By Andrea Bartz, published on July 05, 2011
Settling into a chair for coffee with a friend, Jodi Fedor feels her heart begin to pound. Tension creeps through her rib cage. Anger vibrates in her solar plexus. But she's not upset about anything. The person across from her is. Fedor soaks up others' moods like a sponge.
On a walk through her neighborhood in Ottawa, Canada, her attention zeroes in on the one budded leaf that hasn't unfurled; it brings a lump to her throat. The cawing of a far-off crow galvanizes her attention. An abandoned nest half-hidden amid the treetops fills her with awe.
Less lovely stimuli can have equally powerful effects.
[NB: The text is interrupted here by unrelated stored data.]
// A run: its steps, the calls that are cut, and the keys that are taken away at its end.
use crate::parts::compare_parts;
use replies::Reply as Said;
use test_array::array::words_before;
use test_array::outcomes::{Refusal, Reply};
use test_compare::arrays::Arrays;
use test_model::{ALL_STORES, Call, Change};
use test_random::generator::{Rolls, scatter};
use test_random::runs::{call_for, draw_keys, entry_for, is_to_cut, mend_allowance};
use test_random::settings::Setting;
use test_random::table::{Entry, KEYS, Table};

// The steps of a run.
const STEPS: usize = 160;

// One key of so many is followed by a listing in parts.
const KEYS_BETWEEN_LISTS: usize = 8;

// The arrays of a run, and the plain table with its keys.
#[derive(Drop)]
pub(crate) struct Run<'a> {
    arrays: &'a mut Arrays,
    table: Table,
}

// Whether a lookup in the index says what the table says of a key.
fn is_as_told(words: &[u64], entry: Entry) -> bool {
    match index::get(words, entry.key).reply {
        Ok(Said::Value(value)) => entry.value == Some(value),
        Ok(Said::Absent) => entry.value.is_none(),
        _ => false,
    }
}

impl Run<'_> {
    // Looks every key up in the index, and counts where it differs from the table.
    fn look_up_all(&mut self) {
        self.arrays.tally.count_lookups(KEYS);
        for entry in self.table {
            let is_right = is_as_told(&self.arrays.index, entry);
            self.arrays.expect(is_right);
        }
    }

    // A lookup of every key, where a mend may be awaited, and a mend; whether it was cut off.
    fn mend_is_cut(&mut self, allowance: u32) -> bool {
        self.look_up_all();
        let seen = self.arrays.compare(Change::Mend.allowed(allowance));
        seen.reply == Err(Refusal::CutOff)
    }

    // Mends until a mend is done, the first two with this allowance.
    fn recover(&mut self, allowance: u32) {
        if self.mend_is_cut(allowance) && self.mend_is_cut(allowance) {
            self.mend_is_cut(ALL_STORES);
        }
    }

    // Makes a call again. No merge changes the table, so every key is looked up behind one.
    fn make_again(&mut self, change: Change) {
        self.arrays.compare(change.whole());
        if let Change::Merge { .. } = change {
            self.look_up_all();
        }
    }

    // A call cut after `allowance` stores, the mends behind it, a lookup of every key, and the call again.
    fn cut_once(&mut self, change: Change, allowance: u32) {
        self.arrays.restore();
        self.arrays.compare(change.allowed(allowance));
        self.recover(allowance % 3);
        self.look_up_all();
        self.make_again(change);
    }

    // A call cut at every number of its stores, and then made whole.
    fn cut_everywhere(&mut self, change: Change, stores: u32) {
        for allowance in 0..stores {
            self.cut_once(change, allowance);
        }
        self.arrays.restore();
        self.arrays.compare(change.whole());
    }

    // Tells the table of a done call on the key of this number.
    fn tell(&mut self, number: usize, change: Change) {
        if let Some(entry) = self.table.get_mut(number) {
            entry.tell(change);
        }
    }

    // A put or a merge that all its stores are allowed, cut everywhere first if it is to be.
    fn whole_step(&mut self, number: usize, change: Change) {
        self.arrays.save();
        let whole = self.arrays.compare(change.whole());
        if is_to_cut(change, whole.stores) {
            self.cut_everywhere(change, whole.stores);
        }
        if whole.reply == Ok(Reply::Done) {
            self.tell(number, change);
        }
    }

    // A call, and the mends that a cut calls for.
    fn call_step(&mut self, number: usize, call: Call) {
        let seen = self.arrays.compare(call);
        let Call::Change { change, allowance } = call else {
            return;
        };
        if seen.reply == Err(Refusal::CutOff) {
            self.recover(mend_allowance(change, allowance));
        }
        if seen.reply == Ok(Reply::Done) {
            self.tell(number, change);
        }
    }

    // One step of a run, by a random number.
    fn step(&mut self, roll: u64) {
        let number = entry_for(roll);
        let call = call_for(&self.arrays.index, &self.table, roll);
        match (roll % 16, call) {
            (0..=7, Call::Change { change, .. }) => self.whole_step(number, change),
            (12, _) => self.recover((roll / 1024 % 2) as u32),
            _ => self.call_step(number, call),
        }
    }

    // The steps of a run, with a lookup of every key behind each.
    fn take_steps(&mut self, seed: u64) {
        for roll in Rolls::seeded(seed).take(STEPS) {
            self.step(roll);
            self.look_up_all();
        }
    }

    // Takes a key away, and merges its block with the buddy if that can be. Behind some of the keys the index is
    // listed in parts.
    fn clear_key(&mut self, number: usize, key: u64) {
        self.call_step(number, Change::Remove { key }.whole());
        self.whole_step(number, Change::Merge { key });
        self.look_up_all();
        if number % KEYS_BETWEEN_LISTS == 0 {
            compare_parts(self.arrays);
        }
    }

    // Takes all keys away, one by one, with the merges that come to be possible.
    fn clear(&mut self) {
        for (number, entry) in (0..).zip(self.table) {
            self.clear_key(number, entry.key);
        }
    }
}

// A run on arrays of just its words, from a format on.
pub(crate) fn make_run(arrays: &mut Arrays, setting: Setting) {
    arrays.begin_case(words_before(setting.max_depth, setting.segments));
    scatter(&mut arrays.index, setting.seed);
    arrays.copy_to_model();
    arrays.compare(setting.format().whole());
    let mut run = Run {
        arrays,
        table: draw_keys(setting.seed),
    };
    run.take_steps(setting.seed);
    compare_parts(run.arrays);
    run.clear();
}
As a child, a casual schoolyard taunt led to "sobbing and histrionics." Nowadays a small slight can ricochet through her entire body "like I'm actually wounded."
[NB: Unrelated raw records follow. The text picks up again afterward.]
//! What calls of the board answer, as answers of operations.

ghost use Rattle.std.specs.Prelude.{◌≡◌};
ghost use Rattle.cache_board.specs.Drive.{answer_if_done, answer_if_loaded, answer_if_made};

use board_commits::{Answer, Refused};
use cache_ident::{Ident, NoMemory};

/// That of a call that has nothing to tell.
pub(crate) fn did(called: Result<(), Refused>) -> Answer
    ensures { result ≡ answer_if_done called }
{
    match called {
        Ok(()) => Answer::Did,
        Err(refused) => Answer::Refused(refused),
    }
}

/// That of a load.
pub(crate) fn loaded(called: Result<Ident, Refused>) -> Answer
    ensures { result ≡ answer_if_loaded called }
{
    match called {
        Ok(ident) => Answer::Loaded(ident),
        Err(refused) => Answer::Refused(refused),
    }
}

/// That of a call which nothing but want of memory refuses.
pub(crate) fn made(called: Result<(), NoMemory>) -> Answer
    ensures { result ≡ answer_if_made called }
{
    match called {
        Ok(()) => Answer::Did,
        Err(_) => Answer::Refused(Refused::NoMemory),
    }
}
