//! What each processor has on its desk.

ghost use Rattle.std.specs.Prelude.{◌≡◌, ◌<◌, IfOk};
ghost use Rattle.cache_board.specs.Desks.{AreOfTickets, AtPlace, IsClear};
ghost use Rattle.cache_board.specs.Drive.{IsCheckout, IsCommit, IsLeave, IsRunAhead, IsView};

use crate::board::Board;
use crate::place::Place;
use board_commits::Answer;
use cache_ident::{NoMemory, Vpn};
use std::alloc::Global;
use std::marker::Model;

/// How many processors there are.
pub(crate) const PROCESSORS: u32 = 8;

/// A place for each of the eight processors, with its ticket, if it has one, and its quantum.
#[derive(Drop)]
pub struct Desk {
    places: Vec<Place>,
}

impl Model for Desk {
    ghost use Rattle.std.specs.Prelude.{◌≡◌, length};
    ghost use Rattle.cache_board.specs.Desks.{Desktop};

    ghost Value = { Desktop };

    ghost view = { λ d. record { places = d.places.items } };

    ghost invariant = { λ d. length d.places.items ≡ 8 };
}

impl Desk {
    /// No ticket for any processor, and new quanta. The one call that takes memory.
    pub fn new(alloc: Global) -> Result<Desk, NoMemory>
        ensures { IfOk result IsClear }
    {
        let mut places = Vec::with_capacity(alloc, PROCESSORS as usize)?;
        for _cpu in 0..PROCESSORS {
            let place = Place::new(alloc)?;
            places.push(place)?;
        }
        Ok(Desk { places })
    }

    pub(crate) fn check_out(&mut self, board: &mut Board, cpu: u32) -> Answer
        requires processor { cpu < 8 }
        ensures { AtPlace cpu (λ old new. IsCheckout cpu board.old old result board.new new) self.old self.new }
    {
        self.places[cpu as usize].check_out(board, cpu)
    }

    pub(crate) fn view(&mut self, board: &Board, cpu: u32, vpn: Vpn) -> Answer
        requires processor { cpu < 8 }
        requires views { AreOfTickets board.now.journal.entries self.old }
        ensures { AtPlace cpu (λ old new. IsView board.now vpn old result new) self.old self.new }
    {
        self.places[cpu as usize].view(board, vpn)
    }

    pub(crate) fn run_ahead(&mut self, cpu: u32, limit: u32) -> Answer
        requires processor { cpu < 8 }
        ensures { AtPlace cpu (λ old new. IsRunAhead limit old result new) self.old self.new }
    {
        self.places[cpu as usize].run_ahead(limit)
    }

    pub(crate) fn commit(&mut self, board: &mut Board, cpu: u32) -> Answer
        requires processor { cpu < 8 }
        requires views { AreOfTickets board.old.journal.entries self.old }
        ensures { AtPlace cpu (λ old new. IsCommit board.old old result board.new new) self.old self.new }
    {
        self.places[cpu as usize].commit(board)
    }

    pub(crate) fn leave(&mut self, board: &mut Board, cpu: u32) -> Answer
        requires processor { cpu < 8 }
        ensures { AtPlace cpu (λ old new. IsLeave board.old old result board.new new) self.old self.new }
    {
        self.places[cpu as usize].leave(board)
    }
}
Fedor is sensitive—an adjective usually preceded by too. "I'm like an exposed nerve," she says. "At its worst, my sensitivity turns me into an emotional weather vane at the whim of my environment." But at its best, it's a gift, a fine-tuned finger on the pulse of every flutter of her surroundings.
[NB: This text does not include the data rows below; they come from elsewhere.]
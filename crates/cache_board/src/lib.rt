//! The board: a machine with caches, whose descriptors are loaded, displaced and given back to their owners, with the journal of
//! all that happens; and lists of operations on it.
//!
//! Each call is one event: it is refused and leaves the board as it was, or it is done whole. Behind the caches and the journal
//! the board shows the machine with unlimited tables.
#![tactic(auto)]

mod answers;
mod board;
mod desk;
mod driving;
mod histories;
mod pasts;
mod place;

pub use board::Board;
pub use board_commits::{Answer, Names, Op, Quantum, Refused, Ticket};
pub use desk::Desk;
pub use driving::drive;
pub use histories::each_event_continues_the_past;
pub use pasts::{
    a_board_shows_its_journal, a_past_has_the_entries, calls_of_a_hold_continue_the_past,
    holds_while_held, makers_are_processors, what_is_of_a_ticket_stays_so_from_past_to_past,
    what_was_seen_stays,
};
pub use place::DESK_VIEWS;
The Highly Sensitive Person has always been part of the human landscape. There's evidence that many creative types are highly sensitive, perceiving cultural currents long before they are manifest to the mainstream, able to take in the richness of small things others often miss. Others may be especially sensitive to animals and how they are handled. They're also the ones whose feelings are so easily bruised that they're constantly being told to "toughen up."
Today, science is validating a group of people whose sensitivity surfaces in many domains of life. Attuned to subtleties of all kinds, they have a complex inner life and need time to process the constant flow of sensory data that is their inheritance. Some may be particularly prone to the handful of hard-to-pin-down disorders like chronic fatigue syndrome and fibromyalgia. Technology is now providing an especially revealing window into that which likely defines them all—a nervous system set to register stimuli at very low frequency and amplify them internally.
We all experience shades of sensitivity. Who isn't rocked by rejection and crushed by criticism? But for HSPs, emotional experience is at such a constant intensity that it shapes their personality and their lives—job performance, social life, intimate relationships—as much as gender and race do. Those who learn to dial down the relentless swooping and cresting of emotions that is the almost invariable accompaniment to extreme sensitivity are able to transform raw perception into keen perceptiveness.